### Task directions
Look through the entries below, please, and copy every line with the word "parent".

[Opening The data section]

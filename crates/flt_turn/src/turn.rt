//! The lock, and its calls.
ghost use Rattle.std.specs.Prelude.{◌≡◌, ◌≢◌, [], ◌∷◌, ◌++◌, ◌<◌, ◌≤◌, ◌+◌, ◌^◌, IfOk, IfErr, OnErr, All, Some, None, length};
ghost use mathlib.Core.List.{IsPrefix};
ghost use Rattle.flt_turn.specs.declared.view.Stage.TheVariants.{Idle};
ghost use Rattle.flt_turn.specs.Call.{Calls, IsCall, whole};
ghost use Rattle.flt_turn.specs.Journal.{entry, ops_of, Interleaves};
ghost use Rattle.flt_turn.specs.Plays.{IsTakenOut, IsTurn};
ghost use Rattle.flt_turn.specs.Seats.{IsSeatOf, main_seat, Extends, ops_before, split_off, split_seat, joined_seat};
ghost use Rattle.flt_turn.specs.Views.{drawn, turned, done, parent, child};

use crate::answer::{Answer, HistoryFull, MachineBack};
use crate::machine::{Machine, Stepper};
use crate::rule::{Count, Cut, Draw, Look, Merge, Order, Serve, Share, Terms};
use crate::seat::Seat;
use crate::vault::Vault;
use crate::view::View;
use atomic_table::{Refused, Table};
use std::alloc::Global;
use std::marker::{Brand, Model};
use std::snapshot::Snapshot;
use std::sync::Wait;
use std::thread::yield_now;

/// The words of the table: the ticket that is drawn next, and the ticket that is served.
const NEXT: usize = 0;

const SERVED: usize = 1;

/// How often a waiting call yields the processor before it sleeps.
const YIELDS: u32 = 64;

type Token<M> = atomic_table::Seat<
    Option<Vault<M>>,
    View<<M as Machine>::Start, <M as Machine>::Op>,
>;

/// A machine under a lock, which serves its callers in the order of their tickets. Contracts see a lock as its identity, which
/// each of its seats names.
#[derive(Drop)]
pub struct Turn<M: Machine> {
    table: Table<Option<Vault<M>>, View<M::Start, M::Op>, Terms<M>, Order<M>, Global>,
}

impl<M: Machine> Model for Turn<M> {
    ghost use Rattle.std.specs.Prelude.{◌≡◌};
    ghost use Rattle.atomic_table.specs.Seated.{TableId};

    ghost Value = { TableId };

    ghost view = { λ turn. turn.table.shared.table_id };

    ghost invariant = { λ turn. (turn.table.shared.table_id.words ≡ 2) × (turn.table.shared.table_id.slots ≡ 1) };
}

impl<M: Machine> Turn<M> {
    /// A lock over a machine that took no operation yet, and its main seat, which has all calls. `room` is the number of calls
    /// that the lock takes in all: their entries in the journal are reserved here, and no later call allocates memory.
    ///
    /// At `Err` there was not enough memory: `MachineBack` has the machine as it was. Ask for fewer calls, or try when memory is free.
    pub fn make(alloc: Global, machine: M, room: u32) -> Result<(Turn<M>, Seat<M>), MachineBack<M>>
        requires { M.stands_for machine (M.start machine) [] }
        ensures ok { IfOk result (λ made. made.1 ≡ main_seat made.0 (M.start machine) room) }
        ensures err { IfErr result (λ back. back.machine ≡ machine) }
    {
        let terms = Terms {
            machine: Snapshot::of(&machine),
            room,
        };
        let Ok(journal) = Vec::with_capacity(alloc, room as usize) else {
            return Err(MachineBack { machine });
        };
        let Ok(mut slots) = Vec::with_capacity(alloc, 1) else {
            journal.destroy_empty();
            return Err(MachineBack { machine });
        };
        slots.push_reserved(Some(Vault { journal, machine }));
        match Table::new(alloc, &[0, 0], slots, &terms) {
            Ok((table, token)) => {
                let seat = Seat {
                    number: 0,
                    left: room,
                    children: 0,
                    waiting: 0,
                    token,
                };
                Ok((Turn { table }, seat))
            }
            Err(Refused { mut slots }) => {
                let Some(Some(vault)) = slots.pop() else {
                    unreachable!()
                };
                slots.destroy_empty();
                let Vault { journal, machine } = vault;
                journal.destroy_empty();
                Err(MachineBack { machine })
            }
        }
    }

    /// Makes a call when its turn comes: after all calls that drew their tickets before, and before all later ones. It allocates no
    /// memory. What the operation writes is written to `out`.
    ///
    /// The answer is the machine's after the operations before the call's place in the journal. At `Err`, if and only if the seat
    /// has no call left, nothing was changed, and `HistoryFull` has the operation: make the call on a seat that has calls left, or end
    /// the lock and make one with more room.
    #[inline(always)]
    pub fn call<R: Wait, W>(
        &self,
        rt: &R,
        seat: &mut Seat<M>,
        context: &M::Context,
        op: M::Op,
        out: &mut W,
    ) -> Result<Answer<M::Kind>, HistoryFull<M::Op>>
    where
        M: Stepper<W>,
        requires lock { IsSeatOf self.now seat.old }
        requires serves { M.Stepper.serves context.now seat.old.start }
        requires admitted { M.admits seat.old.start op }
        requires suits { M.Stepper.suits op }

        ensures call { Calls (λ told. IsCall M.admits M.Stepper.answer seat.old seat.new op (whole M.Stepper.whole told out.new))
            seat.old seat.new op result }
        ensures kept { OnErr result (out.new ≡ out.old) }
    {
        if seat.left == 0 {
            return Err(HistoryFull { op });
        }
        let (place, mut vault) = self.take_turn(rt, &mut seat.token);
        let reply = vault.apply(context, seat.number, op, out);
        self.end_turn(&mut seat.token, vault, place);
        seat.left -= 1;
        Ok(Answer { place, reply })
    }

    /// Waits a while for a moment at which no ticket is out, so that a short turn of another lane does not make this one wait in line.
    #[inline(always)]
    fn await_free(&self) {
        let shared = &self.table.shared;
        if shared.peek(NEXT) > shared.peek(SERVED) {
            self.yield_until_free();
        }
    }

    /// Yields the processor until no ticket is out, but not for long.
    #[cold]
    #[inline(never)]
    fn yield_until_free(&self) {
        let shared = &self.table.shared;
        for _ in 0..YIELDS {
            yield_now();
            if shared.peek(NEXT) <= shared.peek(SERVED) {
                return;
            }
        }
    }

    /// Draws a ticket, waits until it is served, and takes the vault out of its slot. The ticket is the call's place.
    #[inline(always)]
    fn take_turn<R: Wait>(&self, rt: &R, token: &mut Token<M>) -> (u32, Vault<M>)
        requires lock { token.old.table_id ≡ self.now }
        requires idle { (token.old.me.0.stage ≡ Idle) × (token.old.me.1 ≡ []) }
        requires left { 0 < token.old.me.0.left }
        ensures lock { (token.new.table_id ≡ token.old.table_id) × (token.new.id ≡ token.old.id) }
        ensures turn { token.new.me ≡ (turned result.0 result.1.journal.items (drawn result.0 token.old.me.0), (0, None) ∷ []) }
        ensures found { IsTakenOut result.0 (drawn result.0 token.old.me.0) result.1 }
    {
        self.await_free();
        let shared = &self.table.shared;
        let ticket = shared.fetch_add::<Draw>(token, NEXT, 1);
        let mut yields = YIELDS;
        for _ in rt.forever() {
            let served = shared.load::<Look<M>>(token, SERVED);
            if served == ticket {
                let vault = shared.exchange(token, 0, None).unwrap();
                return (ticket as u32, vault);
            }
            if yields > 0 {
                yields -= 1;
                yield_now();
            } else {
                shared.park(rt, SERVED, (served % (1 << 32)) as u32);
            }
        }
        unreachable!()
    }

    /// Puts the vault back, with one more call in its journal, and passes the turn on. It wakes those who sleep until a ticket after
    /// this place is served, if there may be one.
    #[inline(always)]
    fn end_turn(&self, token: &mut Token<M>, vault: Vault<M>, place: u32)
        requires lock { token.old.table_id ≡ self.now }
        requires held { token.old.me.1 ≡ (0, None) ∷ [] }
        requires turn { IsTurn token.old.me.0 vault }
        ensures lock { (token.new.table_id ≡ token.old.table_id) × (token.new.id ≡ token.old.id) }
        ensures done { (op : M.Op) → vault.journal.items ≡ token.old.me.0.seen ++ entry token.old.me.0.number op ∷ []
            → token.new.me ≡ (done vault.journal.items op token.old.me.0, []) }
    {
        let shared = &self.table.shared;
        let empty = shared.exchange(token, 0, Some(vault));
        let None = empty else { unreachable!() };
        shared.fetch_add::<Serve>(token, SERVED, 1);
        if shared.peek(NEXT) > u64::from(place) + 1 {
            shared.wake_all(SERVED);
        }
    }

    /// Splits a seat from the main seat, with this many of its calls. The new seat knows what the main seat knows, and may move to
    /// another thread.
    pub fn split(&self, main: &mut Seat<M>, calls: u32) -> Seat<M>
        requires lock { IsSeatOf self.now main.old }
        requires main { main.old.number ≡ 0 }
        requires calls { calls ≤ main.old.left }
        requires children { main.old.children + 1 < 2 ^ 32 }
        ensures main { main.new ≡ split_off calls main.old }
        ensures seat { result ≡ split_seat calls main.old }
    {
        let token = self.cut::<Brand>(&mut main.token, calls);
        main.left -= calls;
        main.children += 1;
        main.waiting += 1;
        Seat {
            number: main.children,
            left: calls,
            children: 0,
            waiting: 0,
            token,
        }
    }

    fn cut<J: Share>(&self, token: &mut Token<M>, calls: u32) -> Token<M>
        requires share { J.calls ≡ calls }
        requires lock { token.old.table_id ≡ self.now }
        requires idle { (token.old.me.0.stage ≡ Idle) × (token.old.me.1 ≡ []) }
        requires main { (token.old.me.0.number ≡ 0) × (calls ≤ token.old.me.0.left) }
        ensures main { (token.new.table_id ≡ token.old.table_id) × (token.new.me ≡ (parent calls token.old.me.0, [])) }
        ensures seat { (result.table_id ≡ token.old.table_id) × (result.me ≡ (child calls token.old.me.0, [])) }
    {
        self.table.shared.split_seat::<Cut<J>>(token)
    }

    /// Takes a seat back into the main seat, with the calls that it has left and all that it knows.
    pub fn join(&self, main: &mut Seat<M>, other: Seat<M>)
        requires lock { IsSeatOf self.now main.old × IsSeatOf self.now other }
        requires main { main.old.number ≡ 0 }
        ensures { main.new ≡ joined_seat main.old other }
    {
        let Seat {
            number: _,
            left,
            children: _,
            waiting: _,
            token,
        } = other;
        let shared = &self.table.shared;
        shared.join_seat::<Merge<M>>(&mut main.token, token);
        shared.load::<Count>(&mut main.token, NEXT);
        main.left += left;
        main.waiting -= 1;
    }

    /// Ends the lock, once each seat that was split from the main seat was joined: `waiting` is 0. It gives back the vault with the
    /// whole journal, which has the calls of all seats and no others.
    pub fn close(self, main: Seat<M>) -> Vault<M>
        requires lock { IsSeatOf self main }
        requires main { main.number ≡ 0 }
        requires whole { length main.ended ≡ main.children }
        ensures seen { IsPrefix main.seen result.journal.items }
        ensures olds { All (λ old. IsPrefix old result.journal.items) main.olds }
        ensures calls { Interleaves result.journal.items ((main.number, main.mine) ∷ main.ended) }
        ensures admitted { All (λ entry. M.admits main.start entry.op) result.journal.items }
        ensures start { M.start result.machine ≡ main.start }
        ensures stands { ∥ M.stands_for result.machine main.start (ops_of result.journal.items) ∥₁ }
    {
        let Turn { table } = self;
        let Seat {
            number: _,
            left: _,
            children: _,
            waiting: _,
            token,
        } = main;
        let mut closed = table.close_with(token);
        let vault = closed.take(0).unwrap();
        closed.free();
        vault
    }
}
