//! What is under the lock: the machine with the journal of its operations.
ghost use Rattle.std.specs.Prelude.{◌≡◌, ◌<◌, List, length};
ghost use Rattle.std.specs.Vec.{vec_capacity};
ghost use Rattle.flt_turn.specs.Journal.{ops_of};

use crate::machine::{Machine, Stepper};

/// An operation, and the number of the seat that asked for it.
#[derive(Drop)]
pub struct Entry<O> {
    pub lane: u32,
    pub op: O,
}

/// The machine stands for its start and the operations of the journal, at every moment.
#[derive(Drop)]
pub struct Vault<M: Machine> {
    /// The operations in the order in which the machine took them.
    pub journal: Vec<Entry<M::Op>>,
    pub machine: M,
    ghost stands: { ∥ M.stands_for machine (M.start machine) (ops_of journal.items) ∥₁ },
}

impl<M: Machine> Vault<M> {
    ghost use Rattle.flt_turn.specs.Vaults.{TakesCall};

    /// Makes the machine's step, and records it in room that the journal has reserved.
    #[inline(always)]
    pub(crate) fn apply<W>(
        &mut self,
        context: &M::Context,
        lane: u32,
        op: M::Op,
        out: &mut W,
    ) -> M::Kind
    where
        M: Stepper<W>,
        requires serves { M.Stepper.serves context.now (M.start self.old.machine) }
        requires admitted { M.admits (M.start self.old.machine) op }
        requires suits { M.Stepper.suits op }
        requires room { length self.old.journal.items < vec_capacity self.old.journal }
        ensures takes { TakesCall lane op self.old self.new }
        ensures answer { M.Stepper.whole result out.new ≡ M.Stepper.answer (M.start self.old.machine) (ops_of self.old.journal.items) op }
    {
        let kind = self.machine.step(context, &op, out);
        self.journal.push_reserved(Entry { lane, op });
        kind
    }
}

[Closing The data section]

### Task result
ghost use Rattle.flt_turn.specs.Views.{drawn, turned, done, parent, child};
        ensures main { (token.new.table_id ≡ token.old.table_id) × (token.new.me ≡ (parent calls token.old.me.0, [])) }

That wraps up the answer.